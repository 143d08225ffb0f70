//! The calls of a [`LockedCore`](crate::LockedCore) as values, and what else its `make`, `of_blank`
//! and `add_counted` name: who makes a call, and who sees and signs it.
//!
//! A call is of a type that implements [`Op`], such as `Set(value)`. Its caller is `Anyone` or the
//! permit of an owner. It is seen by a [`Witness`](crate::Witness), or else by `Nobody`.
pub use async_cell_core::Poll;
pub use async_cell_history::{
    Anyone, Caller, IsSet, Nobody, Op, OrSet, OwnerPermit, PollGet, PollTake, Replace, Sees, Set,
    Signs, TryGet, TryTake, Update, UpdateSome,
};
pub use async_cell_step::Opens;
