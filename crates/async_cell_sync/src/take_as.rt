//! Futures that extend a witness.
ghost use Rattle.std.specs.Prelude.{◌≡◌, Some, Err, IfOk, IfSome};
ghost use Rattle.async_cell_model.specs.Refusal.{FailsWithMemory};
ghost use Rattle.async_cell_model.specs.declared.entry.Kept.TheVariants.{TryTake, TryGet};
ghost use Rattle.async_cell_model.specs.declared.refusal.Refusal.TheVariants.{Memory};
ghost use Rattle.async_cell_model.specs.declared.reply.Reply.TheVariants.{Value};
ghost use Rattle.async_cell_history.specs.History.{IsSigned, IsLinearized, IsLinearizedUpTo};
ghost use Rattle.async_cell_step.specs.Rule.{IsCloneOfOne};
ghost use Rattle.async_cell_sync.specs.Names.{IsLost, NameAtMostTheSame};
ghost use Rattle.async_cell_sync.specs.Owned.{cell_owned};
ghost use Rattle.async_cell_sync.specs.Source.{source_of, IsSourceOf};

use crate::async_cell::AsyncCell;
use crate::owner::Owner;
use crate::shared::Shared;
use crate::weak::{Weak, WeakOwner};
use async_cell_calls::{CloningAs, TakingAs, WithCaller};
use async_cell_core::{Refusal, TaskWaker, Wakes};
use async_cell_history::{Protocol, Witness};
use async_cell_step::{At, Polled, Request, Takes, With};
use futures::task::{Context, Poll};
use std::marker::Model;
use std::sync::Wait;

/// A witness of a cell whose value may be taken. Contracts see a `Taker` as what its witness has
/// seen.
#[derive(Drop)]
pub(crate) struct Taker<T, N: Protocol<T, TaskWaker>> {
    witness: Witness<T, TaskWaker, N>,
}

impl<T, N: Protocol<T, TaskWaker>> Model for Taker<T, N> {
    ghost use Rattle.async_cell_model.specs.declared.entry.Kept.TheVariants.{TryTake};
    ghost use Rattle.async_cell_history.specs.History.{Seen};
    ghost use Rattle.async_cell_wakers.specs.declared.task_waker.TaskWaker.{TaskWaker};

    ghost Value = { Seen T TaskWaker };

    ghost view = { λ t. t.witness };

    ghost invariant = { λ _. N.may TryTake };
}

/// A `Take` that extends a witness, and gives it back with the value. In the history, the poll that
/// gives the value and the witness is listed as a `try_take`. A `TakeAs` borrows an owner, so it
/// never fails with `Closed`.
#[derive(Drop)]
pub struct TakeAs<'a, T: Drop, R: Wait + Drop, N: Protocol<T, TaskWaker>> {
    owner: &'a Owner<T, R, N>,
    seen: Taker<T, N>,
}

impl<T: Drop, R: Wait + Drop, N: Protocol<T, TaskWaker>> Request<R> for TakeAs<'_, T, R, N> {
    type Cell = AsyncCell<T, N>;

    fn cell(&self) -> Option<&AsyncCell<T, N>> {
        Some(self.owner.cell())
    }
}

impl<T: Drop, R: Wait + Drop, N: Protocol<T, TaskWaker>> Polled<R> for TakeAs<'_, T, R, N> {
    type Output = Result<(T, Witness<T, TaskWaker, N>), Refusal>;

    ghost waits_for = { λ asked s. s ≡ source_of (cell_owned asked.owner.now) };

    ghost may_give = { λ asked given. FailsWithMemory given
        × IfOk given (λ both. N.holds both.0
        × IsLinearized ⟦<TaskWaker as Wakes>⟧ N.named asked.seen.calls
        TryTake (Value (Some both.0)) both.1.calls × IsSigned asked.seen both.1) };

    #[inline(always)]
    fn poll_at(&self, at: At<'_>, cx: &mut Context<'_>, rt: &R) -> Poll<Self::Output> {
        let Shared { cell, permit } = &self.owner.shared;
        let taking = TakingAs(self.seen.witness.again());
        cell.poll(WithCaller::new(permit, taking), at, cx, rt)
    }
}

/// A `Get` that extends a witness, and gives it back with the clone. In the history, the poll that
/// gives the clone and the witness is listed as a `try_get`. A `GetAs` borrows an owner, so it
/// never fails with `Closed`.
#[derive(Drop)]
pub struct GetAs<'a, T: Drop, R: Wait + Drop, N: Protocol<T, TaskWaker>> {
    owner: &'a Owner<T, R, N>,
    seen: Witness<T, TaskWaker, N>,
}

impl<T: Drop, R: Wait + Drop, N: Protocol<T, TaskWaker>> Request<R> for GetAs<'_, T, R, N> {
    type Cell = AsyncCell<T, N>;

    fn cell(&self) -> Option<&AsyncCell<T, N>> {
        Some(self.owner.cell())
    }
}

impl<T: Clone, R: Wait + Drop, N: Protocol<T, TaskWaker>> Polled<R> for GetAs<'_, T, R, N> {
    type Output = Result<(T, Witness<T, TaskWaker, N>), Refusal>;

    ghost waits_for = { λ asked s. s ≡ source_of (cell_owned asked.owner.now) };

    ghost may_give = { λ asked given. FailsWithMemory given
        × IfOk given (λ both. IsCloneOfOne T.is_clone N.holds both.0
        × IsLinearizedUpTo T.is_clone ⟦<TaskWaker as Wakes>⟧ N.named asked.seen.calls
        TryGet (Value (Some both.0)) both.1.calls × IsSigned asked.seen both.1) };

    #[inline(always)]
    fn poll_at(&self, at: At<'_>, cx: &mut Context<'_>, rt: &R) -> Poll<Self::Output> {
        self.seen.lawful();
        let Shared { cell, permit } = &self.owner.shared;
        let asked = WithCaller::new(permit, CloningAs(self.seen.again()));
        cell.poll(asked, at, cx, rt)
    }
}

impl<T: Drop, R: Wait + Copy, N: Protocol<T, TaskWaker>> Owner<T, R, N> {
    /// As `take`, but the future extends the witness, and gives it back with the value.
    pub fn take_as(&self, seen: Witness<T, TaskWaker, N>) -> With<TakeAs<'_, T, R, N>, R>
        requires may { N.may TryTake }
        ensures of_this { result.polled.owner.now ≡ self.now }
        ensures seen { result.polled.seen ≡ seen }
    {
        let seen = Taker { witness: seen };
        With::new(TakeAs { owner: self, seen }, self.rt)
    }

    /// As `get`, but the future extends the witness, and gives it back with the clone.
    pub fn get_as(&self, seen: Witness<T, TaskWaker, N>) -> With<GetAs<'_, T, R, N>, R>
    where
        T: Clone,
        ensures of_this { result.polled.owner.now ≡ self.now }
        ensures seen { result.polled.seen ≡ seen }
    {
        With::new(GetAs { owner: self, seen }, self.rt)
    }
}

/// Like `TakeAs`, but has a weak pointer in place of an owner. The future gives `None` once the
/// last owner has ended. `values` turns the future into a stream. About the values in this stream,
/// the contract says only that they satisfy the rule.
#[derive(Drop)]
pub struct TakeWeakAs<T, N: Protocol<T, TaskWaker>> {
    weak: Weak<T, N>,
    seen: Taker<T, N>,
}

impl<T: Drop, R: Wait, N: Protocol<T, TaskWaker>> Request<R> for TakeWeakAs<T, N> {
    type Cell = AsyncCell<T, N>;

    ghost is_lost = { λ asked. IsLost asked.weak };

    fn cell(&self) -> Option<&AsyncCell<T, N>> {
        self.weak.cell().ok()
    }
}

impl<T: Drop, R: Wait, N: Protocol<T, TaskWaker>> Polled<R> for TakeWeakAs<T, N> {
    type Output = Result<Option<(T, Witness<T, TaskWaker, N>)>, Refusal>;

    ghost waits_for = { λ asked. IsSourceOf asked.weak };

    ghost may_give = { λ asked given. FailsWithMemory given
        × (IsLost asked.weak → given ≡ Err Memory)
        × IfOk given (λ found. IfSome found (λ both. N.holds both.0))
        × IfOk given (λ found. IfSome found (λ both.
        IsLinearized ⟦<TaskWaker as Wakes>⟧ N.named asked.seen.calls
        TryTake (Value (Some both.0)) both.1.calls × IsSigned asked.seen both.1)) };

    fn poll_at(&self, at: At<'_>, cx: &mut Context<'_>, rt: &R) -> Poll<Self::Output> {
        let taking = TakingAs(self.seen.witness.again());
        self.weak.poll(taking, at, cx, rt)
    }
}

impl<T: Drop, R: Wait, N: Protocol<T, TaskWaker>> Takes<R> for TakeWeakAs<T, N> {
    type Value = (T, Witness<T, TaskWaker, N>);

    ghost holds = { λ both. N.holds both.0 };

    ghost lacks_memory = { λ _ _ given. given.0 };

    ghost gives_held = { λ _ _ given. given.2 };
}

/// Like `GetAs`, but has a weak pointer in place of an owner. The future gives `None` once the last
/// owner has ended.
#[derive(Drop)]
pub struct GetWeakAs<T, N: Protocol<T, TaskWaker>> {
    weak: Weak<T, N>,
    seen: Witness<T, TaskWaker, N>,
}

impl<T: Drop, R: Wait, N: Protocol<T, TaskWaker>> Request<R> for GetWeakAs<T, N> {
    type Cell = AsyncCell<T, N>;

    ghost is_lost = { λ asked. IsLost asked.weak };

    fn cell(&self) -> Option<&AsyncCell<T, N>> {
        self.weak.cell().ok()
    }
}

impl<T: Clone, R: Wait, N: Protocol<T, TaskWaker>> Polled<R> for GetWeakAs<T, N> {
    type Output = Result<Option<(T, Witness<T, TaskWaker, N>)>, Refusal>;

    ghost waits_for = { λ asked. IsSourceOf asked.weak };

    ghost may_give = { λ asked given. FailsWithMemory given
        × (IsLost asked.weak → given ≡ Err Memory)
        × IfOk given (λ found. IfSome found (λ both. IsCloneOfOne T.is_clone N.holds both.0
        × IsLinearizedUpTo T.is_clone ⟦<TaskWaker as Wakes>⟧ N.named asked.seen.calls
        TryGet (Value (Some both.0)) both.1.calls × IsSigned asked.seen both.1)) };

    fn poll_at(&self, at: At<'_>, cx: &mut Context<'_>, rt: &R) -> Poll<Self::Output> {
        self.weak.poll(CloningAs(self.seen.again()), at, cx, rt)
    }
}

impl<T: Drop, R: Wait + Copy, N: Protocol<T, TaskWaker>> WeakOwner<T, R, N> {
    /// As `take`, but the future extends the witness, and gives it back with the value.
    pub fn take_as(&self, seen: Witness<T, TaskWaker, N>) -> With<TakeWeakAs<T, N>, R>
        requires may { N.may TryTake }
        ensures of_this { NameAtMostTheSame self.now.weak result.polled.weak }
        ensures seen { result.polled.seen ≡ seen }
    {
        let (weak, seen) = (self.weak.again(), Taker { witness: seen });
        With::new(TakeWeakAs { weak, seen }, self.rt)
    }

    /// As `get`, but the future extends the witness, and gives it back with the clone.
    pub fn get_as(&self, seen: Witness<T, TaskWaker, N>) -> With<GetWeakAs<T, N>, R>
    where
        T: Clone,
        ensures of_this { NameAtMostTheSame self.now.weak result.polled.weak }
        ensures seen { result.polled.seen ≡ seen }
    {
        let weak = self.weak.again();
        With::new(GetWeakAs { weak, seen }, self.rt)
    }
}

□ □ □

What to work on: The reply should hold only the lines of the listing above starting at the line containing "use std::marker::Model;" and ending at the line containing "Seen T TaskWaker", exactly as written.

Solution to the exercise:
use std::marker::Model;
use std::sync::Wait;

/// A witness of a cell whose value may be taken. Contracts see a `Taker` as what its witness has
/// seen.
#[derive(Drop)]
pub(crate) struct Taker<T, N: Protocol<T, TaskWaker>> {
    witness: Witness<T, TaskWaker, N>,
}

impl<T, N: Protocol<T, TaskWaker>> Model for Taker<T, N> {
    ghost use Rattle.async_cell_model.specs.declared.entry.Kept.TheVariants.{TryTake};
    ghost use Rattle.async_cell_history.specs.History.{Seen};
    ghost use Rattle.async_cell_wakers.specs.declared.task_waker.TaskWaker.{TaskWaker};

    ghost Value = { Seen T TaskWaker };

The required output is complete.